Regardless though, the code currently assumes your query is against the pc-stored-attribute "P" (and "N"), not "rest" and "rnml" (or some other arbitrarily-named pair for that matter). Hmmm. That could be a problem; yup.

At the SOP level, one can always easily hack around some deficiency in the HDA, but having the guts of the VOP be rigid about these attributes is a different story altogether. I need to have a look at this. Thanks.

Might be very wrong here, but due to speed issues I wouldn't be too surprised if #ofpointstofilter aren't the ones that are most relevant (e.g. closest).

The reason for this might be the following: If you calculate on each point its distance to all other points your CPU stays busy for quite some time + you'd need to sort all those distances (O(n log n) to O(n^2) with something like quicksort on each point). This might make point clouds shaders even slower than conventional ones.

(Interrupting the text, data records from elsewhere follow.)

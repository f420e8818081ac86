// The lines of a text that was read.
ghost use Rattle.std.specs.Prelude.{◌≡◌, length};
ghost use Rattle.dtype.specs.Use.{lines_in};

use kinds::{Kind, Nullability};

// What a dtype is at its top.
#[derive(Clone, Copy, PartialEq)]
pub(crate) struct Head {
    pub kind: Kind,
    pub nullability: Nullability,
}

// A line of a dtype text.
#[derive(Clone, Copy)]
pub(crate) struct Line<'a> {
    pub depth: u8,
    pub head: Head,
    pub name: &'a [u8],
}

// A text that was read, as its lines.
#[derive(Drop)]
pub struct DTypeText<'a> {
    pub(crate) lines: Vec<Line<'a>>,
}

impl DTypeText<'_> {
    // How many lines there are.
    pub fn line_count(&self) -> usize
        ensures { result ≡ length (lines_in self.now) }
    {
        self.lines.len()
    }
}
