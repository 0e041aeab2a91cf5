// HvPostMessage.
ghost use Rattle.std.specs.Prelude.{◌≡◌, [], ℕ, List, None, Some, IfErr, IfOk};
ghost use Rattle.std.specs.Result.{result_map_both};
ghost use Rattle.hv_calls.specs.declared.call.Call.TheVariants as call;
ghost use Rattle.hv_defs.specs.declared.port_kind.PortKind.TheVariants as port_type;
ghost use Rattle.hv_policy.specs.Flat.{Flat};
ghost use Rattle.hv_policy.specs.Met.{is_kind};
ghost use Rattle.hv_admit.specs.Done.{IsDone};
ghost use Rattle.hv_admit.specs.Served.{TreeInvariant, unmet_further};
ghost use Rattle.hv_admit.specs.Tie.{Refines};
ghost use Rattle.hv_tree.specs.Rows.{content};
ghost use Rattle.hv_messages.specs.ResolvedPort.{IsAimed, MayDeliver};

use crate::aims::{Aimed, has_message_room, resolve_connection, select_vp};
use crate::effects::posted;
use hv_admit::{Effect, Partitions};
use hv_calls::Payload;
use hv_defs::PortKind;
use hv_mail::Message;
use hv_partition::Partition;
use hv_policy::Rule;
use hv_ports::Port;
use std::alloc::{AllocError, Allocator};

/// Checks P16 to P23, and returns where the message goes.
pub fn ask_post<A: Allocator>(
    tree: &Partitions<A>,
    caller: &Partition<A>,
    connection: u32,
) -> Result<Aimed, Rule>
    ensures aimed { IfOk result (λ aimed. (f : Flat) (by type : ℕ) (payload : List ℕ)
        → content tree.now by ≡ Some caller.now → TreeInvariant tree.now → Refines tree.now f
        → (unmet_further f by (call.PostMessage connection type payload) ≡ None)
        × IsAimed f (by, connection) port_type.Message aimed) }
    ensures unmet { IfErr result (λ rule. (f : Flat) (by type : ℕ) (payload : List ℕ)
        → content tree.now by ≡ Some caller.now → TreeInvariant tree.now → Refines tree.now f
        → unmet_further f by (call.PostMessage connection type payload) ≡ Some rule) }
{
    let (to, home) = match resolve_connection(tree, caller, connection) {
        Ok(found) => found,
        Err(rule) => return Err(rule),
    };
    if !is_for_messages(to.port) {
        return Err(Rule::Operand);
    }
    let Some(vp) = select_vp(home, to, PortKind::Message) else {
        return Err(Rule::VpReady);
    };
    if !has_message_room(home, to) {
        return Err(Rule::PortRoom);
    }
    Ok(Aimed { to, vp })
}

// P21: whether the port takes messages.
fn is_for_messages(port: Port) -> bool
    ensures { result ≡ is_kind port.kind port_type.Message }
{
    match port.kind {
        PortKind::Message => true,
        PortKind::Event => false,
    }
}

/// HvPostMessage: posts a message at the SINT at which the connection's port aims.
///
/// The SINT is that of the processor at which the port aims, or for `Aim::Any` of the lowest processor
/// that is ready for messages. The message goes behind those already at the SINT. If the SINT shows none,
/// it then shows its oldest message and raises its vector.
#[tactic(auto, using(hv_tree::proofs::Laws::unchanged, hv_admit::proofs::UnchangedProcessor::same_vp))]
pub fn do_post<A: Allocator + Clone>(
    tree: &mut Partitions<A>,
    caller: u64,
    connection: u32,
    aimed: Aimed,
    message_type: u32,
    payload: &Payload<'_>,
) -> Result<Effect, AllocError>
    requires { MayDeliver tree.old caller connection port_type.Message
        (call.PostMessage connection message_type payload.now) aimed }
    ensures { (f : Flat) → Refines tree.old f
        → IsDone f caller (call.PostMessage connection message_type payload.now) tree.old
        (result_map_both (λ effect. ([], effect)) (λ why. why) result) tree.new }
{
    let Aimed { to, vp: index } = aimed;
    let Some(home) = tree.get_mut(to.conn.part) else {
        unreachable!()
    };
    let Some(vp) = home.vp_mut(index) else {
        unreachable!()
    };
    vp.reserve_message()?;
    let sint = to.port.sint as u8;
    let message = Message {
        port: to.conn.port,
        born: to.conn.born,
        kind: message_type,
        payload: payload.to_array(),
    };
    let shown = vp.post(sint, message);
    Ok(posted(to.conn.part, index, sint, vp, shown))
}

--> Likely "#50 points to sample" means that 50 more or less random points are chosen for sampling. This would explain to some degree why we have those splotches. With a smart datastructure (that surely exists) those chosen points won't be that very random, yet they are likely not the really closest ones you'd expect in this imagniary radius/volume sphere.

14353[/snapback]

I'm by no means an expert on kd-trees, but I'm fairly certain that, within some hard-wired (but presumably "reasonable") margin of error, the number of points visited during a query are indeed the closest to the seed position (in terms of L2 distance). My speculation would be that *if* there is a margin of error, it would come from the built-in maximum allowable population for each leaf node. i.e: if this number is allowed (by the implementation) to be >1, then it is perhaps possible that the traversal *within the leaf node* would be non-deterministic. However; it is customary to make the max population of a leaf node be statistically small relative to the cloud dimensions (where the members of any given leaf node would be statistically "very close" to each other -- so much so that it doesn't warrant splitting the node).

Having said that, I still think Simon has brought up a very good point, and definitely something that needs to be put to rest once and for all (I was kind'a trying really hard to ignore this problem and pretend it didn't exist :whistling: <sigh>... guess it didn't work). The final authority on the subject is of course Mark Elendt (the programmer at SESI who wrote these pointcloud tools). Maybe he won't mind if I bug him with this one question :) ... let me see what I can dig up.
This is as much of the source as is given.